#### Source data ####

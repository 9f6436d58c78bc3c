// What a search walks over, a table laid out node by node and arc by arc; and what lies behind a search.
#![tactic(auto)]

ghost use Rattle.std.specs.Prelude.{◌≡◌, ◌≤◌, ◌<◌, ◌^◌, length};
ghost use Rattle.problem.specs.Table.{last_node, most_arc_metres, most_reach};
ghost use Rattle.problem.specs.Exposures.{of_arc};
ghost use Rattle.problem.specs.Routes.{arc_at};
ghost use Rattle.net.specs.Net.{lower_at, first_at, next_of, next_in_of, arcs_in, mesh_in, blank_net, IsNet};

use problem::{Exposure, MOST_IN_TABLE, NODES};

// An arc as a search meets it, with the arcs that come next behind it among those of its tail and among those of its head; the number of arcs ends a chain.
// Of eight bytes, so that an arc is found by its number alone; what it is exposed to stands apart, since most arcs that are looked at are not gone over.
#[derive(Clone, Copy)]
pub struct Link {
    pub metres: u32,
    pub tail: u8,
    pub head: u8,
    pub next: u8,
    pub next_in: u8,
}

// A node as a search meets it: the first of the arcs that leave it, and a length that no way from it to the terminal is shorter than.
#[derive(Clone, Copy)]
pub struct Stop {
    pub first: u8,
    pub lower: u32,
}

// A table and a request, laid out. The table's arcs are the first `count` of the links, with what they are exposed to and their spans, which no search asks for;
// `first_door` is the first arc into the terminal; `spanned` is false only where no arc has a span; where `apart` is true, only pairs that are apart are judged.
// It is filled in place and lent to every search: two of them do not fit a small stack. So that it hangs together is asked of a lent one (`IsNet`), and is no invariant of the type.
#[derive(Drop)]
pub struct Net {
    pub links: [Link; MOST_IN_TABLE],
    pub exposures: [Exposure; MOST_IN_TABLE],
    pub spans: [u16; MOST_IN_TABLE],
    pub stops: [Stop; NODES],
    pub count: u8,
    pub source: u8,
    pub terminal: u8,
    pub first_door: u8,
    pub reach: u32,
    pub spanned: bool,
    pub apart: bool,
}

// More than any length: a least length begins with it, and needs no test of its own.
pub const NO_LENGTH: u64 = 1099511627776;

// What lies behind a search that stands at a node: the nodes met, that one among them, the metres, and what the arcs are exposed to.
// A search hands the three on one by one, which goes in registers; a route's end is handed the whole.
#[derive(Clone, Copy)]
pub struct Behind {
    pub met: u64,
    pub metres: u64,
    pub exposure: Exposure,
}

impl Net {
    // A net of no arc, to be filled in place.
    pub fn blank() -> Net
        ensures { result ≡ blank_net }
    {
        let link = Link {
            metres: 0,
            tail: 0,
            head: 0,
            next: 0,
            next_in: 0,
        };
        let nothing = Exposure {
            risks: 0,
            low: 0,
            high: 0,
        };
        let stop = Stop { first: 0, lower: 0 };
        Net {
            links: [link; MOST_IN_TABLE],
            exposures: [nothing; MOST_IN_TABLE],
            spans: [0; MOST_IN_TABLE],
            stops: [stop; NODES],
            count: 0,
            source: 0,
            terminal: 0,
            first_door: 0,
            reach: 0,
            spanned: false,
            apart: false,
        }
    }

    // What arc k is exposed to, and its risks alone.
    pub fn exposure(&self, k: u64) -> Exposure
        requires { IsNet self.now × (k < length (arcs_in self.now)) }
        ensures { result ≡ of_arc (arc_at (arcs_in self.now) k) }
    {
        self.exposures[k as usize]
    }

    pub fn risks(&self, k: u64) -> u64
        requires { IsNet self.now × (k < length (arcs_in self.now)) }
        ensures { result ≡ (of_arc (arc_at (arcs_in self.now) k)).risks }
    {
        self.exposures[k as usize].risks
    }

    pub fn low(&self, k: u64) -> u64
        requires { IsNet self.now × (k < length (arcs_in self.now)) }
        ensures { result ≡ (of_arc (arc_at (arcs_in self.now) k)).low }
    {
        self.exposures[k as usize].low
    }

    pub fn high(&self, k: u64) -> u64
        requires { IsNet self.now × (k < length (arcs_in self.now)) }
        ensures { result ≡ (of_arc (arc_at (arcs_in self.now) k)).high }
    {
        self.exposures[k as usize].high
    }

    pub fn metres(&self, k: u64) -> u64
        requires { IsNet self.now × (k < length (arcs_in self.now)) }
        ensures { (result ≡ (arc_at (arcs_in self.now) k).metres) × (result ≤ most_arc_metres) }
    {
        self.links[k as usize].metres as u64
    }

    pub fn head(&self, k: u64) -> u64
        requires { IsNet self.now × (k < length (arcs_in self.now)) }
        ensures { (result ≡ (arc_at (arcs_in self.now) k).head) × (result ≤ last_node) }
    {
        self.links[k as usize].head as u64
    }

    // The arc that comes next behind arc k among those of its tail, and among those of its head; and the first of node v.
    pub fn next(&self, k: u64) -> u64
        requires { IsNet self.now × (k < length (arcs_in self.now)) }
        ensures { result ≡ next_of self.now k }
    {
        self.links[k as usize].next as u64
    }

    pub fn next_in(&self, k: u64) -> u64
        requires { IsNet self.now × (k < length (arcs_in self.now)) }
        ensures { result ≡ next_in_of self.now k }
    {
        self.links[k as usize].next_in as u64
    }

    pub fn first(&self, v: u64) -> u64
        requires { IsNet self.now × (v ≤ last_node) }
        ensures { result ≡ first_at self.now v }
    {
        self.stops[v as usize].first as u64
    }

    // No way from v to the terminal is shorter.
    pub fn lower(&self, v: u64) -> u64
        requires { IsNet self.now × (v ≤ last_node) }
        ensures { (result ≡ lower_at self.now v) × (result < 2 ^ 32) }
    {
        self.stops[v as usize].lower as u64
    }

    // The first arc into the terminal, a door; the others come next behind it, as `next_in` says.
    pub fn first_door(&self) -> u64
        ensures { result ≡ self.now.first_door }
    {
        self.first_door as u64
    }

    // Whether some arc may have a span; false only where none has.
    pub fn spanned(&self) -> bool
        ensures { result ≡ self.now.spanned }
    {
        self.spanned
    }

    // Whether only pairs that are apart are judged.
    pub fn apart(&self) -> bool
        ensures { result ≡ self.now.apart }
    {
        self.apart
    }

    pub fn arc_count(&self) -> u64
        requires { IsNet self.now }
        ensures { result ≡ length (arcs_in self.now) }
    {
        self.count as u64
    }

    pub fn source(&self) -> u64
        requires { IsNet self.now }
        ensures { (result ≡ (mesh_in self.now).source) × (result ≤ last_node) }
    {
        self.source as u64
    }

    pub fn terminal(&self) -> u64
        requires { IsNet self.now }
        ensures { (result ≡ (mesh_in self.now).terminal) × (result ≤ last_node) }
    {
        self.terminal as u64
    }

    pub fn reach(&self) -> u64
        requires { IsNet self.now }
        ensures { (result ≡ (mesh_in self.now).reach) × (result ≤ most_reach) }
    {
        self.reach as u64
    }
}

####

## What to do
State how many lines in the entries hold "tail". Nothing should come before or after the number.

## Answer for the task
4